* [Problem]:
Begin at the line containing "let number = self.places[link" in the data below and go on through the line containing "let mut links = Vec::new(alloc);", repeating each line exactly; include both ends and no other line.

* [Supplied records]:
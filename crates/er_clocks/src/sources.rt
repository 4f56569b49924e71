//! Which of the handed numbers are links, and the row that the rows of these make.
//!
//! Where the links are those of the newest action, or one alone, nothing is sorted and no
//! row is made.
//! Else the numbers, sorted, are taken from the greatest down. One that the row covers already is
//! no link, and costs a look-up.

ghost use Rattle.std.specs.Prelude.{◌≡◌, ◌≤◌, ◌<◌, ◌-◌, ℕ, true, List, [], All, length, slice_index, IfOk, OnOk, IfSome};
ghost use Rattle.er_paths.specs.Paths.{is_among};
ghost use Rattle.er_paths.specs.links.Chains.{chain_of, place_of};
ghost use Rattle.er_paths.specs.links.Links.{links_of};
ghost use Rattle.std.specs.List.Sorted.{IsStrictlyIncreasing};
ghost use Rattle.er_clocks.specs.Sources.{AllJoin, ComeBefore, HasLinks, HasTwin, IsFoundWith, IsOnlyLink, IsTaken, ReachesToo, RepeatsNewest, TakesToo};
ghost use Rattle.er_clocks.specs.Reached.{links_taken, IsReachedBy, IsReachFrom, LinksAre};
ghost use Rattle.er_clocks.specs.Shared.{IsTakenFrom};

use crate::Clocks;
use crate::list::LinkList;
use crate::row::{Number, Row};
use crate::shared::Taken;
use er_io::NoMemory;
use std::alloc::Global;

/// The entries of an action that is to come, before it stands in a chain itself.
#[derive(Drop)]
pub(crate) enum Reach {
    /// Those of an action, with this number at its chain.
    Like(u32, u32),
    Own(Row),
}

/// The links into an action that is to come, and its entries.
#[derive(Drop)]
pub(crate) struct Sources {
    pub(crate) links: Taken<LinkList>,
    pub(crate) reach: Reach,
}

impl Clocks {
    /// The links into an action with these predecessors, and its entries.
    pub(crate) fn sources_of(&self, alloc: Global, preds: &[u32]) -> Result<Sources, NoMemory>
        requires { All (λ k. k < length self.now) preds.now }
        ensures known { IfOk result
            (λ s. IsTakenFrom (length self.now) s.links × IsReachFrom (length self.now) s.reach) }
        ensures links { IfOk result (λ s. LinksAre self.now s.links preds.now) }
        ensures reach { IfOk result (λ s. IsReachedBy self.now s.reach preds.now) }
    {
        if self.repeats_newest(preds) {
            return Ok(self.sources_of_newest());
        }
        match self.only_link(preds) {
            Some(link) => Ok(self.sources_behind(link)),
            None => self.joined_sources(alloc, preds),
        }
    }

    /// Whether the next action has the links of the newest.
    fn repeats_newest(&self, preds: &[u32]) -> bool
        requires { All (λ k. k < length self.now) preds.now }
        ensures { result ≡ true → RepeatsNewest self.now preds.now }
    {
        let count = self.numbers.len() as u32;
        count > 0 && self.repeats(preds, count - 1)
    }

    /// Whether each of these has a path to j and is not j, and all links of j are among them. They
    /// stand descending, as the links ascend.
    fn repeats(&self, preds: &[u32], j: u32) -> bool
        requires known { All (λ k. k < length self.now) preds.now }
        requires begun { j < length self.now }
        ensures before { result ≡ true → ComeBefore self.now preds.now j }
        ensures links { result ≡ true → HasLinks self.now preds.now j }
    {
        let links = self.links.list(j).numbers();
        let len = preds.len();
        let mut found = 0;
        for n in 0..len {
            let Some(more) = self.found_with(preds[len - 1 - n], links, found, j) else {
                return false;
            };
            found = more;
        }
        found == links.len()
    }

    /// How many links of j are found with k, where it is the next link or has a path to j.
    fn found_with(&self, k: u32, links: &[Number], found: usize, j: u32) -> Option<usize>
        requires known { k < length self.now }
        requires begun { j < length self.now }
        requires links { links.now ≡ links_of self.now j }
        requires within { found ≤ length links.now }
        ensures { IfSome result (λ more. IsFoundWith self.now j links.now k found more) }
    {
        if found < links.len() && u32::from(links[found]) == k {
            return Some(found + 1);
        }
        if k < j && self.has_path(k, j) {
            return Some(found);
        }
        None
    }

    /// The links of the newest action and its entries, but for itself.
    pub(crate) fn sources_of_newest(&self) -> Sources
        requires { 0 < length self.now }
        ensures newest { links_taken self.now result.links
            ≡ links_of self.now (length self.now - 1) }
        ensures known { IsTakenFrom (length self.now) result.links
            × IsReachFrom (length self.now) result.reach }
        ensures links { (p : List ℕ) → RepeatsNewest self.now p → LinksAre self.now result.links p }
        ensures reach { (p : List ℕ) → RepeatsNewest self.now p
            → IsReachedBy self.now result.reach p }
    {
        let newest = self.numbers.len() as u32 - 1;
        Sources {
            links: Taken::As(newest),
            reach: Reach::Like(newest, self.places[newest as usize]),
        }
    }

    /// The one number that all have a path to, if there is such a one.
    fn only_link(&self, preds: &[u32]) -> Option<u32>
        requires { All (λ k. k < length self.now) preds.now }
        ensures { IfSome result (λ i. IsOnlyLink self.now preds.now i) }
    {
        if preds.is_empty() {
            return None;
        }
        if preds.len() == 1 {
            return Some(preds[0]);
        }
        let link = greatest(preds);
        if self.all_join(preds, link) {
            Some(link)
        } else {
            None
        }
    }

    /// Whether each of these has a path to j.
    fn all_join(&self, numbers: &[u32], j: u32) -> bool
        requires known { All (λ k. k < length self.now) numbers.now }
        requires begun { j < length self.now }
        ensures { result ≡ true → AllJoin self.now numbers.now j }
    {
        for n in 0..numbers.len() {
            if !self.has_path(numbers[n], j) {
                return false;
            }
        }
        true
    }

    /// This one link, and the entries of it.
    fn sources_behind(&self, link: u32) -> Sources
        requires { link < length self.now }
        ensures known { IsTakenFrom (length self.now) result.links
            × IsReachFrom (length self.now) result.reach }
        ensures links { (p : List ℕ) → IsOnlyLink self.now p link
            → LinksAre self.now result.links p }
        ensures reach { (p : List ℕ) → IsOnlyLink self.now p link
            → IsReachedBy self.now result.reach p }
    {
        let number = self.places[link as usize] + 1;
        Sources {
            links: Taken::Own(LinkList::one(link as Number)),
            reach: Reach::Like(link, number),
        }
    }

    /// The links among these numbers, and the row that they make.
    fn joined_sources(&self, alloc: Global, preds: &[u32]) -> Result<Sources, NoMemory>
        requires { All (λ k. k < length self.now) preds.now }
        ensures known { IfOk result
            (λ s. IsTakenFrom (length self.now) s.links × IsReachFrom (length self.now) s.reach) }
        ensures links { IfOk result (λ s. LinksAre self.now s.links preds.now) }
        ensures reach { IfOk result (λ s. IsReachedBy self.now s.reach preds.now) }
    {
        let sorted = sorted_once(alloc, preds)?;
        let mut row = Row::new(alloc);
        let mut links = Vec::new(alloc);
        self.take_all(&sorted, &mut row, &mut links)?;
        links.reverse();
        let links = LinkList::copied(alloc, &links)?;
        let row = Row::copied(alloc, row.numbers())?;
        Ok(Sources {
            links: Taken::Own(links),
            reach: Reach::Own(row),
        })
    }

    /// Takes ascending numbers, the last first.
    fn take_all(
        &self,
        sorted: &[u32],
        row: &mut Row,
        links: &mut Vec<Number>,
    ) -> Result<(), NoMemory>
        requires known { All (λ k. k < length self.now) sorted.now }
        requires zero { row.old ≡ [] }
        requires none { links.old.items ≡ [] }
        ensures taken { OnOk result (IsTaken self.now row.new links.new.items sorted.now) }
    {
        let mut n = sorted.len();
        while n > 0 {
            n -= 1;
            self.take(sorted[n], row, links)?;
        }
        Ok(())
    }

    /// Takes one number more. Where the row covers it, it has a path to one that was
    /// taken, and is no link.
    fn take(&self, i: u32, row: &mut Row, links: &mut Vec<Number>) -> Result<(), NoMemory>
        requires known { i < length self.now }
        requires taken { All (λ k. k < length self.now) links.old.items }
        ensures known { OnOk result (All (λ k. k < length self.now) links.new.items) }
        ensures taken { OnOk result
            (TakesToo self.now i row.old links.old.items row.new links.new.items) }
    {
        if self.covers(row.numbers(), i) {
            return Ok(());
        }
        self.join(i, row, links)?;
        let Ok(()) = links.push(i as Number) else {
            return Err(NoMemory);
        };
        Ok(())
    }

    /// Raises the row by that of i. Where a link was taken with the same links as i, the row has
    /// all that but i itself.
    fn join(&self, i: u32, row: &mut Row, links: &[Number]) -> Result<(), NoMemory>
        requires known { i < length self.now }
        requires taken { All (λ k. k < length self.now) links.now }
        requires low { slice_index row.old (chain_of self.now i) ≤ place_of self.now i }
        ensures { OnOk result (ReachesToo self.now i row.old links.now row.new) }
    {
        let chain = self.numbers[i as usize];
        let number = self.places[i as usize] + 1;
        if self.has_twin(i, links) {
            row.set(chain, number)?;
            return Ok(());
        }
        row.raise(self.rows.list(i).numbers())?;
        row.set(chain, number)?;
        Ok(())
    }

    /// Whether the link taken last has the same links as i.
    fn has_twin(&self, i: u32, links: &[Number]) -> bool
        requires known { i < length self.now }
        requires taken { All (λ k. k < length self.now) links.now }
        ensures { result ≡ true → HasTwin self.now links.now i }
    {
        let count = links.len();
        if count == 0 {
            return false;
        }
        self.links.is_one(u32::from(links[count - 1]), i)
    }
}

/// The greatest of these numbers, of which there is one.
fn greatest(numbers: &[u32]) -> u32
    requires { 0 < length numbers.now }
    ensures { is_among result numbers.now ≡ true }
{
    let mut most = numbers[0];
    for n in 1..numbers.len() {
        if numbers[n] > most {
            most = numbers[n];
        }
    }
    most
}

/// The same numbers, each once, ascending.
fn sorted_once(alloc: Global, numbers: &[u32]) -> Result<Vec<u32>, NoMemory>
    ensures sorted { IfOk result (λ v. IsStrictlyIncreasing v.items) }
    ensures same { IfOk result (λ v. (i : ℕ) → is_among i v.items ≡ is_among i numbers.now) }
{
    let Ok(mut sorted) = Vec::from_slice(alloc, numbers) else {
        return Err(NoMemory);
    };
    sorted.sort_unstable();
    sorted.dedup();
    Ok(sorted)
}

* [Expected output]:
        let number = self.places[link as usize] + 1;
        Sources {
            links: Taken::Own(LinkList::one(link as Number)),
            reach: Reach::Like(link, number),
        }
    }

    /// The links among these numbers, and the row that they make.
    fn joined_sources(&self, alloc: Global, preds: &[u32]) -> Result<Sources, NoMemory>
        requires { All (λ k. k < length self.now) preds.now }
        ensures known { IfOk result
            (λ s. IsTakenFrom (length self.now) s.links × IsReachFrom (length self.now) s.reach) }
        ensures links { IfOk result (λ s. LinksAre self.now s.links preds.now) }
        ensures reach { IfOk result (λ s. IsReachedBy self.now s.reach preds.now) }
    {
        let sorted = sorted_once(alloc, preds)?;
        let mut row = Row::new(alloc);
        let mut links = Vec::new(alloc);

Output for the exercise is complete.